This week’s post was inspired by a question in my Power Query help forum. The poster has a set up data, and needs to keep the most recent entry for each person from a list of data.
I never saw the user’s real data, but instead mocked up this sample, which you can download here:
Obviously it’s fairly simple, and the key thing to recognize here is what we’re after. What the user needed was this:
As you can see, we want to keep the most recent entry only for each person. In the case of Fred and Mark that is Mar 31, but Jim didn’t have any activity for March, with his last entry being Feb 29. So how do we do it?
1st attempt to keep the most recent entry
I figured this was pretty easy, so advised the poster to do the following:
- Pull the data into Power Query
- Sort the Date column in Descending order
- Use the Remove Duplicates command on the Student column
- Give the query a name (I called mine “Unbuffered” for reasons that will become clear)
- Load it to the worksheet
Easy enough, right? Except that we actually got this:
Huh? What the heck is going on? I tried changing the dates to text in an attempt to steal away Power Query’s ability to sort based on dates. (Okay, it was a shot in the dark, and it didn’t work.)
As it turns out, the “Table.Distinct” command that is used to remove duplicates IGNORES previous sorts, going back to the original data sort order. I’ll admit that this completely shocks me, and is not at all what I’d expect.
So how do you keep the most recent entry?
There’s a few potential ways to deal with this:
- Sort the data before it comes into your query. This could potentially be done in a staging query, via a SQL sort command or some other method. The challenge is that this isn’t always practical (using that custom SQL query breaks query folding, right?)
- Issue some kind of command (like a group by) that creates a new table which is already sorted in the correct order. Again, this would work, but really seems unnecessary unless you have some other need to do so.

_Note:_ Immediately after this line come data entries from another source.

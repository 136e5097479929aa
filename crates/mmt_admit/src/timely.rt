//! Units that are due too early or too late (rule A4).

ghost use Rattle.std.specs.Prelude.{◌≡◌, ◌<◌, length};
ghost use Rattle.mmt_admit.specs.Faults.{as_fault, IsReadable};
ghost use Rattle.mmt_model.specs.Admission.{fault_of_unit, or_else};

use crate::answers::{NotAdmitted, Rule, earlier, unless};
use crate::reads::{unit_at, widened};
use mmt_model::Cast;

/// The fault of a unit that is due too early or too late.
#[tactic(auto, unfolding(mmt_model::specs::Admission::fault_of_unit))]
fn unit_fault(cast: &Cast, u: usize) -> Option<NotAdmitted>
    requires readable { IsReadable cast.now }
    requires place { u < length cast.now.units }
    ensures { as_fault result ≡ fault_of_unit cast.now u }
{
    let unit = unit_at(cast, u);
    let delay = widened(cast.params.delay);
    let window = widened(cast.params.window);
    let sent = unit.last.0 + delay;
    let gone = unit.first.0 + window;
    let due = unit.due.0;
    earlier(
        unless(sent < due, Rule::A4, u as u32, sent, due.saturating_sub(1)),
        unless(due <= gone, Rule::A4, u as u32, due, gone),
    )
}

/// The first fault of a unit's due tick so far, or else that of a unit.
pub(crate) fn unit_by(cast: &Cast, u: usize, so_far: Option<NotAdmitted>) -> Option<NotAdmitted>
    requires readable { IsReadable cast.now }
    requires place { u < length cast.now.units }
    ensures { as_fault result ≡ or_else (as_fault so_far) (fault_of_unit cast.now u) }
{
    match so_far {
        Some(_) => so_far,
        None => unit_fault(cast, u),
    }
}
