//! More payload bytes in a window than the bound (rule A6).

ghost use Rattle.std.specs.Prelude.{◌≡◌, ◌≤◌, length};
ghost use Rattle.mmt_admit.specs.Faults.{as_fault, AreInOrder, PacketsFit};
ghost use Rattle.mmt_model.specs.Admission.{fault_of_load, first_below};

use crate::answers::{NotAdmitted, Rule, unless};
use crate::reads::{bytes_at, tick_at, widened};
use mmt_model::Cast;

/// The first packet at whose timestamp the payload bytes in the window are more than the bound. A window
/// of packets slides over the cast, and their bytes are a running sum.
pub(crate) fn first_load(cast: &Cast) -> Option<NotAdmitted>
    requires fit { PacketsFit cast.now.packets }
    requires in_order { AreInOrder cast.now.packets }
    requires window { 1 ≤ cast.now.params.window }
    ensures { as_fault result ≡ first_below (fault_of_load cast.now) (length cast.now.packets) }
{
    let packets = cast.packets.as_slice();
    let window = widened(cast.params.window);
    let bound = widened(cast.params.bound);
    let mut start = 0;
    let mut end = 0;
    let mut bytes = 0u64;
    for n in 0..packets.len() {
        let now = tick_at(packets, n);
        while end < packets.len() && tick_at(packets, end) <= now {
            bytes += bytes_at(packets, end) as u64;
            end += 1;
        }
        while start < end && tick_at(packets, start) + window <= now {
            bytes -= bytes_at(packets, start) as u64;
            start += 1;
        }
        let found = unless(bytes <= bound, Rule::A6, n as u32, bytes, bound);
        if found.is_some() {
            return found;
        }
    }
    None
}
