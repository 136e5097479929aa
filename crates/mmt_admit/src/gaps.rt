//! Timestamps that fall, and long silences (rule A2).

ghost use Rattle.std.specs.Prelude.{◌≡◌, ◌<◌, length};
ghost use Rattle.mmt_admit.specs.Faults.{as_fault, PacketsFit};
ghost use Rattle.mmt_model.specs.Admission.{fault_of_gap, or_else};

use crate::answers::{NotAdmitted, Rule, earlier, unless};
use crate::reads::tick_at;
use mmt_model::Sent;

/// The fault of a packet's timestamp after the one before it.
fn gap_fault(packets: &[Sent], n: usize) -> Option<NotAdmitted>
    requires fit { PacketsFit packets.now }
    requires place { n < length packets.now }
    ensures { as_fault result ≡ fault_of_gap packets.now n }
{
    if n == 0 {
        return None;
    }
    let before = tick_at(packets, n - 1);
    let at = tick_at(packets, n);
    earlier(
        unless(before <= at, Rule::A2, n as u32, at, before),
        unless(
            at < before + 1_073_741_824,
            Rule::A2,
            n as u32,
            at,
            before + 1_073_741_823,
        ),
    )
}

/// The first fault of a timestamp so far, or else that of a packet's timestamp.
pub(crate) fn gap_by(packets: &[Sent], n: usize, so_far: Option<NotAdmitted>) -> Option<NotAdmitted>
    requires fit { PacketsFit packets.now }
    requires place { n < length packets.now }
    ensures { as_fault result ≡ or_else (as_fault so_far) (fault_of_gap packets.now n) }
{
    match so_far {
        Some(_) => so_far,
        None => gap_fault(packets, n),
    }
}
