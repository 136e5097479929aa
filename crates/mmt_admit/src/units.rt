//! Units by themselves: their due ticks (rule A4) and their keys (rule A8).

ghost use Rattle.std.specs.Prelude.{◌≡◌, length};
ghost use Rattle.mmt_admit.specs.Faults.{as_fault, IsReadable};
ghost use Rattle.mmt_model.specs.Admission.{fault_of_key, fault_of_unit, first_below};

use crate::answers::NotAdmitted;
use crate::rising::key_by;
use crate::timely::unit_by;
use mmt_model::Cast;

/// The first faults of units by themselves.
#[derive(Clone, Copy, Debug)]
pub(crate) struct UnitFaults {
    /// Of a unit that is due too early or too late (rule A4).
    pub due: Option<NotAdmitted>,
    /// Of a unit whose key does not come after that of the unit before it (rule A8).
    pub key: Option<NotAdmitted>,
}

/// The first faults of units by themselves, in one walk.
pub(crate) fn unit_faults(cast: &Cast) -> UnitFaults
    requires { IsReadable cast.now }
    ensures due { as_fault result.due ≡ first_below (fault_of_unit cast.now) (length cast.now.units) }
    ensures key { as_fault result.key ≡ first_below (fault_of_key cast.now) (length cast.now.units) }
{
    let mut due = None;
    let mut key = None;
    for u in 0..cast.units.len() {
        due = unit_by(cast, u, due);
        key = key_by(cast, u, key);
    }
    UnitFaults { due, key }
}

- Sort the table, then buffer it before removing duplicates.
Huh? “Buffer” it?
Using Table.Buffer() to help keep the most recent entry
I’m not a master of explaining Table.Buffer() (yet), but basically you can look at it like this: It pulls a copy of the table into memory, preventing Power Query from recalculating it. This can be super useful if you’re passing tables to functions, but in this case can help us lock down the previous query steps before applying the duplicate removal. When the query state is buffered, that is the “most recent” copy that Power Query will revert to.
Rather than adjust the previous query, here’s what I did in order to create the working solution:
- Duplicated the “Unbuffered” query
- Renamed the new query, calling it “Buffered”

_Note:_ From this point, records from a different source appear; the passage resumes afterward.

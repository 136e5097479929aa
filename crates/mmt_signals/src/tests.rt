//! Messages with bytes from outside.

ghost use Rattle.std.specs.Prelude.{◌≡◌, ◌<◌, [], ◌∷◌, ◌++◌, map, IfOk};
ghost use Rattle.mmt_model.specs.Carrying.{numbers};
ghost use Rattle.mmt_signals.specs.Sample.{plain_mpu, sample_assets, sample_names, short_mpu};
ghost use Rattle.mmt_cast.specs.PlanOne.{mpu_seven, plan_one, unit_with, usual_signals};

use crate::messages::put_pa;
use crate::put_message;
use mmt_base::{LongTick, Ntp, OutOfMemory};
use mmt_model::{Asset, Au, Flow, List, Mpu, Params, Programme, Signal, Text, Unit, UnitKey};
use std::alloc::Global;
use std::fmt::Write;
use std::test::Fail;

// The buffer message of the worked plan.
const PARAMETERS: [u8; 17] = [
    0xF1, 0, 0, 0, 12, 0, 0, 0x0F, 0xA0, 0, 1, 0, 0, 0, 0, 3, 0xE8,
];

// The PA message of the worked plan, as it stands in examples/two_units.tlv.
const TABLE: [u8; 80] = [
    0, 0, 0, 0, 0, 0, 0x49, 1, 0x20, 0, 0, 0x44, // the message, with its directory
    0x20, 0, 0, 0x40, 0xFC, 2, 0x70, 0x31, 0, 0, 1, // the table
    0, 0, 0, 0, 0, 1, 0x76, 0x68, 0x65, 0x76, 0x31, 0xFE, 1, 0, 1, 0, // the asset
    0, 0x27, 0, 1, 12, 0, 0, 0, 7, 0, 0, 3, 0xE8, 0x80, 0, 0, 0, // its MPU's time
    0x80, 0x26, 21, 0xFD, 0, 0, 0xEA, 0x60, 0, 0, 0, 7, 0x3F, 3, 0xE9, 2, 3, 0xE9, 3, 0xE9, 7,
    0xD2, 0, 0,
];

// The message with a table of version 255 of two assets: the first with two MPUs and the offsets of their access
// units, the second with 22 MPUs in two descriptors. Its bytes are by a plain program.
const TWO_ASSETS: &str = "\
000000000001850120ff018020ff017cfc027031000002000000000001766865\
7631fe0100010000430001180000000700000000000000070000000800000000\
00000008802611fd0000ea60000000073f00050100030004802611fd0000ea60\
000000083f000501000300040000000000016464617461fe01000101010e0001\
fc00000000000000000000000000000001000000000000000100000002000000\
0000000002000000030000000000000003000000040000000000000004000000\
0500000000000000050000000600000000000000060000000700000000000000\
070000000800000000000000080000000900000000000000090000000a000000\
000000000a0000000b000000000000000b0000000c000000000000000c000000\
0d000000000000000d0000000e000000000000000e0000000f00000000000000\
0f00000010000000000000001000000011000000000000001100000012000000\
000000001200000013000000000000001300000014000000000000001400010c\
000000150000000000000015";

/// A unit of timed media, N ticks after the start.
fn unit(tick: u32, from: u32, length: u32, sample: u32) -> Unit
    ensures { result ≡ unit_with tick from length 1 sample }
{
    Unit {
        at: LongTick(65_536_000 + tick as u64),
        from: from as u64,
        length,
        key: UnitKey::Timed {
            movie_fragment: 1,
            sample,
            offset: 0,
        },
        priority: 0,
        dependency: 0,
    }
}

/// A list with one more byte.
fn and(list: List<u8>, byte: u8) -> Result<List<u8>, OutOfMemory>
    ensures { IfOk result (λ more. more ≡ list ++ byte ∷ []) }
{
    let mut list = list;
    list.push(byte)?;
    Ok(list)
}

/// Its MPU.
fn mpu(alloc: Global) -> Result<Mpu, OutOfMemory>
    ensures { IfOk result (λ mpu. mpu ≡ mpu_seven 300) }
{
    let mut aus = List::new(alloc);
    aus.push(Au {
        dts_pts: 1001,
        pts: 1001,
    })?;
    aus.push(Au {
        dts_pts: 2002,
        pts: 0,
    })?;
    let mut units = List::new(alloc);
    units.push(unit(200, 0, 3000, 1))?;
    units.push(unit(300, 3000, 500, 2))?;
    Ok(Mpu {
        number: 7,
        time: Ntp(4_297_114_779_648),
        decoding_offset: 1001,
        aus,
        units,
    })
}

/// Its signalling.
fn signals(alloc: Global) -> Result<List<Signal>, OutOfMemory>
    ensures { IfOk result (λ signals. signals ≡ usual_signals) }
{
    let mut names = List::new(alloc);
    names.push((0, 0))?;
    let mut signals = List::new(alloc);
    signals.push(Signal::Parameters {
        at: LongTick(65_536_000),
    })?;
    signals.push(Signal::Table {
        at: LongTick(65_536_100),
        names,
    })?;
    Ok(signals)
}

/// Its asset.
fn assets(alloc: Global) -> Result<List<Asset>, OutOfMemory>
    ensures { IfOk result (λ assets. assets ≡ plan_one.assets) }
{
    let mut mpus = List::new(alloc);
    mpus.push(mpu(alloc)?)?;
    let mut assets = List::new(alloc);
    assets.push(Asset {
        packet_id: 256,
        id: and(List::new(alloc), 118)?,
        kind: 0x6865_7631,
        timed: true,
        timescale: 60_000,
        file: 0,
        mpus,
    })?;
    Ok(assets)
}

/// The name of its file.
fn files(alloc: Global) -> Result<List<Text>, OutOfMemory>
    ensures { IfOk result (λ files. files ≡ plan_one.files) }
{
    let mut files = List::new(alloc);
    files.push(Text::from_str(alloc, "v.bin")?)?;
    Ok(files)
}

/// The worked plan.
fn worked(alloc: Global) -> Result<Programme, OutOfMemory>
    ensures { IfOk result (λ programme. programme ≡ plan_one) }
{
    Ok(Programme {
        flow: Flow {
            address: 0xFF0E_0000_0000_0000_0000_0000_0000_0101,
            port: 51_300,
        },
        source: Flow {
            address: 0x2001_0DB8_0000_0000_0000_0000_0000_0001,
            port: 51_300,
        },
        context: 1,
        full_every: 3,
        limit: 1400,
        spacing: 10,
        package: and(and(List::new(alloc), 112)?, 49)?,
        params: Params {
            bound: 4000,
            window: 65_536,
            delay: 1000,
        },
        signals: signals(alloc)?,
        assets: assets(alloc)?,
        files: files(alloc)?,
    })
}

/// Message number `at` of the worked plan.
fn message(alloc: Global, at: usize) -> Result<Vec<u8>, Fail>
    requires { at < 2 }
{
    let programme = worked(alloc)?;
    let mut out = Vec::new(alloc);
    put_message(&mut out, &programme, at, 0)?;
    Ok(out)
}

#[test]
fn the_worked_plan_has_its_two_messages(rt: HostRuntime) -> Result<(), Fail> {
    let parameters = message(rt.alloc(), 0)?;
    assert_eq!(rt; parameters.as_slice(), PARAMETERS.as_slice());
    let table = message(rt.alloc(), 1)?;
    assert_eq!(rt; table.as_slice(), TABLE.as_slice());
    Ok(())
}

/// An MPU with one access unit.
fn short(alloc: Global, number: u32) -> Result<Mpu, OutOfMemory>
    ensures { IfOk result (λ mpu. mpu ≡ short_mpu number) }
{
    let mut aus = List::new(alloc);
    aus.push(Au { dts_pts: 3, pts: 4 })?;
    Ok(Mpu {
        number,
        time: Ntp(number as u64),
        decoding_offset: 5,
        aus,
        units: List::new(alloc),
    })
}

/// 22 MPUs without access units.
#[tactic(auto, using(crate::proofs::Sample::more_items), unfolding(mmt_model::specs::Carrying::numbers))]
fn items(alloc: Global) -> Result<List<Mpu>, OutOfMemory>
    ensures { IfOk result (λ mpus. mpus ≡ map plain_mpu (numbers 0 22)) }
{
    let mut mpus = List::new(alloc);
    for number in 0..22 {
        mpus.push(Mpu {
            number,
            time: Ntp(number as u64),
            decoding_offset: 0,
            aus: List::new(alloc),
            units: List::new(alloc),
        })?;
    }
    Ok(mpus)
}

/// The names of all MPUs.
#[tactic(auto, using(crate::proofs::Sample::more_names), unfolding(mmt_model::specs::Carrying::numbers))]
fn names(alloc: Global) -> Result<List<(u32, u32)>, OutOfMemory>
    ensures { IfOk result (λ names. names ≡ sample_names) }
{
    let mut names = List::new(alloc);
    names.push((0, 0))?;
    names.push((0, 1))?;
    for number in 0..22 {
        names.push((1, number))?;
    }
    Ok(names)
}

/// An asset with MPUs of access units, and one without.
fn two_assets(alloc: Global) -> Result<List<Asset>, OutOfMemory>
    ensures { IfOk result (λ assets. assets ≡ sample_assets) }
{
    let mut mpus = List::new(alloc);
    mpus.push(short(alloc, 7)?)?;
    mpus.push(short(alloc, 8)?)?;
    let mut assets = List::new(alloc);
    assets.push(Asset {
        packet_id: 256,
        id: and(List::new(alloc), 118)?,
        kind: 0x6865_7631,
        timed: true,
        timescale: 60_000,
        file: 0,
        mpus,
    })?;
    assets.push(Asset {
        packet_id: 257,
        id: and(List::new(alloc), 100)?,
        kind: 0x6461_7461,
        timed: false,
        timescale: 1,
        file: 0,
        mpus: items(alloc)?,
    })?;
    Ok(assets)
}

/// The message of a table that names all MPUs of the two assets.
fn table_of_two(alloc: Global, version: u8) -> Result<Vec<u8>, Fail> {
    let mut programme = worked(alloc)?;
    programme.assets = two_assets(alloc)?;
    let names = names(alloc)?;
    let mut out = Vec::new(alloc);
    put_pa(&mut out, &programme, version, names.as_slice())?;
    Ok(out)
}

#[test]
fn a_table_of_two_assets_has_21_mpus_a_descriptor(rt: HostRuntime) -> Result<(), Fail> {
    let message = table_of_two(rt.alloc(), 255)?;
    let mut hex = String::new(rt.alloc());
    for byte in message {
        write!(hex, "{byte:02x}")?;
    }
    assert_eq!(rt; hex.as_str(), TWO_ASSETS);
    Ok(())
}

- Selected the “Sorted Rows” step we generated (just before the “Removed Duplicates” step
- Clicked the fx icon in the formula bar
As I’ve mentioned a few times on this blog, this creates a new step that simply refers to the previous query step. I then just wrapped the text for the new Custom1 step in the formula bar with Table.Buffer():
And when you hit Close & Load, you get a different result that our previous query… you get the result we actually wanted:
So what’s happening here?
First, just to be clear (before Bill or Imke call me out on this), inserting the new step wasn’t entirely necessary. I only did this to demonstrate the key difference in a distinct step of it’s own. I could have easily just wrapped the Sorted Rows step in Table.Buffer() and it would have worked fine. 🙂
The key difference here is that the Table.Distinct() command we use the Removed Duplicates step will go now only go back so far as the buffered table. From the Excel user’s perspective, it’s kind of like we’ve been able to copy all the steps before this, and lock them in with a PasteSpecial command, and point Power Query to that version of the data instead of looking back at the original.
Cool! I’m going to use Table.Buffer everywhere!

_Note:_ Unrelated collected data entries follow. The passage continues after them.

//! Keys that do not rise (rule A8).

ghost use Rattle.std.specs.Prelude.{◌≡◌, ◌<◌, ◌==◌, ◌&&◌, ◌||◌, nat_lt, [], ◌∷◌, length};
ghost use Rattle.mmt_admit.specs.Faults.{as_fault, IsReadable};
ghost use Rattle.mmt_model.specs.Admission.{fault_of_key, is_of_one_mpu, or_else, sample_or_item};
ghost use Rattle.mmt_model.specs.Handing.{key_numbers, precedes};

use crate::answers::{NotAdmitted, Rule, unless};
use crate::reads::unit_at;
use mmt_model::{Cast, SentUnit, UnitKey};

/// Whether a number comes before another one, or equals it and the rest comes before.
fn before_or(x: u32, y: u32, rest: bool) -> bool
    ensures { result ≡ (nat_lt x y || ((x == y) && rest)) }
{
    x < y || (x == y && rest)
}

/// Whether one of two tests holds.
fn either(first: bool, second: bool) -> bool
    ensures { result ≡ (first || second) }
{
    first || second
}

/// Whether a key comes before another one: items before timed units, and these by movie fragment,
/// sample and offset.
#[tactic(auto, unfolding(mmt_model::specs::Handing::precedes))]
fn comes_before(a: UnitKey, b: UnitKey) -> bool
    ensures { result ≡ precedes (key_numbers a) (key_numbers b) }
{
    let (kind, x, y, z) = numbers_of(a);
    let (other, u, v, w) = numbers_of(b);
    let fourth = before_or(z, w, false);
    let third = before_or(y, v, fourth);
    let second = before_or(x, u, third);
    before_or(kind, other, second)
}

/// A key as numbers.
#[tactic(auto, unfolding(mmt_model::specs::Handing::key_numbers))]
fn numbers_of(key: UnitKey) -> (u32, u32, u32, u32)
    ensures { key_numbers key ≡ result.0 ∷ result.1 ∷ result.2 ∷ result.3 ∷ [] }
{
    match key {
        UnitKey::Item { item } => (0, item, 0, 0),
        UnitKey::Timed {
            movie_fragment,
            sample,
            offset,
        } => (1, movie_fragment, sample, offset),
    }
}

/// The sample or the item of a key.
fn number_of(key: UnitKey) -> u32
    ensures { result ≡ sample_or_item key }
{
    match key {
        UnitKey::Item { item } => item,
        UnitKey::Timed { sample, .. } => sample,
    }
}

/// Whether two units are of one MPU.
#[tactic(auto, unfolding(mmt_model::specs::Admission::is_of_one_mpu))]
fn is_together(u: &SentUnit, v: &SentUnit) -> bool
    ensures { result ≡ is_of_one_mpu u.now v.now }
{
    u.asset == v.asset && u.mpu == v.mpu
}

/// The fault of a unit whose key does not come after that of the unit before it.
fn key_fault(cast: &Cast, u: usize) -> Option<NotAdmitted>
    requires readable { IsReadable cast.now }
    requires place { u < length cast.now.units }
    ensures { as_fault result ≡ fault_of_key cast.now u }
{
    if u == 0 {
        return None;
    }
    let before = unit_at(cast, u - 1);
    let unit = unit_at(cast, u);
    let together = is_together(&before, &unit);
    let rises = either(!together, comes_before(before.key, unit.key));
    unless(
        rises,
        Rule::A8,
        u as u32,
        number_of(unit.key) as u64,
        number_of(before.key) as u64,
    )
}

/// The first fault of a key so far, or else that of a unit's key.
pub(crate) fn key_by(cast: &Cast, u: usize, so_far: Option<NotAdmitted>) -> Option<NotAdmitted>
    requires readable { IsReadable cast.now }
    requires place { u < length cast.now.units }
    ensures { as_fault result ≡ or_else (as_fault so_far) (fault_of_key cast.now u) }
{
    match so_far {
        Some(_) => so_far,
        None => key_fault(cast, u),
    }
}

Um… don’t. That’s actually a really bad idea.
Table.Buffer() needs to be used with a bit more care than that. Every time you buffer a table, it needs to be processed and written into memory. That takes resources. You only want to use this command when it makes sense. Some places where it does:
- When you need to lock down previous steps to prevent things being ignored, like in the case above
- When you want to pass a table to a function. If you don’t buffer it first, the table may get re-calculated/refreshed before being passed into the function. If you’re doing this for every row, that can be a lot of re-calculations. In this case it may make sense to Buffer the table, then send the buffered table into the function. Even though the buffering takes overhead, it only happens once, which can speed things up
Just also remember that the instant you buffer your table, you break any query folding ability, as the data is now in Excel’s memory space. Something that is worth consideration if you’re doing large operations against a database.